Here are some example code snippets and schemas to help you get started:

* **SQLite schema:** Define a table for document metadata and an FTS5 table for text. For example:

  ```sql
  CREATE TABLE documents (
      doc_id    INTEGER PRIMARY KEY,
      title     TEXT,
      author    TEXT,
      year      INTEGER,
      keywords  TEXT
  );
  CREATE VIRTUAL TABLE doc_chunks USING fts5(
      content,                      -- chunk text
      content='documents',          -- external content table
      content_rowid='doc_id'        -- link to documents.doc_id
  );
  ```

  This creates an FTS5 index on the `content` column (chunk text) referencing the `documents` table.

* **Inserting data:** Insert your documents and chunk text. For example, in Python:

  ```python
  conn = sqlite3.connect("mydata.db")
  # Insert document metadata
  conn.execute("INSERT INTO documents VALUES (?, ?, ?, ?, ?)",
               (doc_id, title, author, year, keywords))
  # Insert chunk text into FTS table, linking by rowid
  conn.execute("INSERT INTO doc_chunks(rowid, content) VALUES (?, ?)",
               (doc_id, chunk_text))
  conn.commit()
  ```

  Or in raw SQL, you might SELECT from a content table into the FTS table as shown in.

* **Keyword query (FTS5):** A full-text query can be written as:

  ```sql
  SELECT doc_id, title
  FROM documents
  JOIN doc_chunks ON documents.doc_id = doc_chunks.rowid
  WHERE doc_chunks MATCH 'search terms'
  LIMIT 5;
  ```

  This returns documents whose chunks match the query terms.

* **BM25 example (Python):** If you use `rank_bm25`, example usage is:

  ```python
  from rank_bm25 import BM25Okapi
  docs = ["text of doc1 ...", "text of doc2 ...", ...]
  tokenized_docs = [doc.split() for doc in docs]
  bm25 = BM25Okapi(tokenized_docs)
  query = "example query"
  tokenized_query = query.split()
  top_docs = bm25.get_top_n(tokenized_query, docs, n=3)
  ```

  This returns the top 3 documents by BM25 score.

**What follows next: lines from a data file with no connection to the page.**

//! The watched words of a traced run, and the steps that change them.

ghost use Rattle.std.specs.Prelude.{◌≡◌, length, map};
ghost use Rattle.m11_trace.specs.Stops.{watched_word};
ghost use Rattle.m11_trace.specs.Watches as spec;

use crate::changes::word_or_none;
use crate::stops::CountedAddress;
use m11_cpu::Memory;

/// A watched word between two steps.
#[derive(Clone, Copy, Default)]
pub(crate) struct Watch {
    /// The address of one of its bytes.
    pub address: u16,
    /// How many steps must still change it for the run to stop: after the step that stops the run at 1, never at 0.
    pub count: u32,
    /// The word after the latest step.
    pub word: u16,
}

// The word that contains the byte at an address; 0 if it lies past the end of memory.
fn watched_word(memory: &Memory, address: u16) -> u16
    ensures { result ≡ watched_word address memory.now }
{
    word_or_none(memory, address - address % 2)
}

// A watched word before the first step.
fn watch_of(watched: CountedAddress, memory: &Memory) -> Watch
    ensures { result ≡ spec.watch_of memory.now watched }
{
    Watch {
        address: watched.address,
        count: watched.count,
        word: watched_word(memory, watched.address),
    }
}

/// Looks at each watched word before the first step.
pub(crate) fn look(watches: &mut [Watch], watched: &[CountedAddress], memory: &Memory)
    requires { length watches.old ≡ length watched.now }
    ensures { watches.new ≡ map (spec.watch_of memory.now) watched.now }
{
    'words: for index in 0..watched.len() {
        watches[index] = watch_of(watched[index], memory);
    }
}

// Whether the run stops because the latest step changed this word: it isn't what it was before, and its count is down to 1.
fn is_last_change(watch: &Watch, memory: &Memory) -> bool
    ensures { result ≡ spec.is_last_change memory.now watch.now }
{
    watch.word != watched_word(memory, watch.address) && watch.count == 1
}

/// The address of the first of the watched words that stop the run because the latest step changed them; None if none of them does.
pub(crate) fn stopping_address(watches: &[Watch], memory: &Memory) -> Option<u16>
    ensures { result ≡ spec.stopping_address memory.now watches.now }
{
    match watches {
        [] => None,
        [watch, others @ ..] => {
            if is_last_change(watch, memory) {
                Some(watch.address)
            } else {
                stopping_address(others, memory)
            }
        }
    }
}

// A watched word after the latest step: if the step changed the word, the count is one lower, but not below 0.
fn watch_after(watch: Watch, memory: &Memory) -> Watch
    ensures { result ≡ spec.watch_after memory.now watch }
{
    let word = watched_word(memory, watch.address);
    if word == watch.word {
        return watch;
    }
    Watch {
        address: watch.address,
        count: watch.count.saturating_sub(1),
        word,
    }
}

/// Looks at each watched word after a step, and lowers the count of each that the step changed.
pub(crate) fn count_changes(watches: &mut [Watch], memory: &Memory)
    ensures { watches.new ≡ map (spec.watch_after memory.now) watches.old }
{
    'words: for index in 0..watches.len() {
        watches[index] = watch_after(watches[index], memory);
    }
}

* **Hybrid score merging:** Here’s a simple Python example of a weighted-sum merger:

  ```python
  def hybrid_score(vec_score, key_score, alpha=0.5):
      # Assume vec_score and key_score are normalized (0-1).
      return alpha * vec_score + (1 - alpha) * key_score

  # Example usage for re-ranking top results:
  combined = []
  for doc, v_score in faiss_results:
      k_score = keyword_scores.get(doc, 0.0)
      combined_score = hybrid_score(v_score, k_score, alpha=0.6)
      combined.append((doc, combined_score))
  combined.sort(key=lambda x: x[1], reverse=True)
  top_k = combined[:3]
  ```

  You can adjust `alpha` or use other formulas (e.g. max, reciprocal rank fusion).

* **FastAPI route skeleton:** To serve hybrid search via an API, you might write:

  ```python
  from fastapi import FastAPI
  app = FastAPI()

  @app.get("/hybrid_search")
  async def hybrid_search(query: str, k: int = 3):
      # 1. Compute query embedding for FAISS
      # 2. Get top-k from FAISS and top-k from SQLite FTS/BM25
      # 3. Merge scores (as above) and select final top-k documents
      return {"results": top_k_results}
  ```

  This endpoint takes a `query` string and returns the top-k hybrid results in JSON.



## Deliverables

Your submission should include:

* The **updated SQLite+FAISS index** (or code to build it) that contains the document chunks, embeddings, and metadata.
* The **hybrid retrieval pipeline code**, including FAISS search, FTS/BM25 search, and the score-merging logic.
* An **evaluation notebook** (e.g. Jupyter) showing at least 10 example queries and reporting metrics (e.g. recall or hit rate @3) for vector-only, keyword-only, and hybrid search.
* A **FastAPI endpoint** implementation (`/hybrid_search`) that returns the hybrid top-3 results for a given query (as JSON).

Include comments in your code to explain each step. Your evaluation should show whether the hybrid method improves over using vectors or keywords alone.


**References:** This assignment is based on standard practices for hybrid search using FAISS and SQLite FTS5. Reciprocal rank fusion and other fusion methods are known techniques in information retrieval. For more background on hit rate metrics, see analytics tutorials on search evaluation.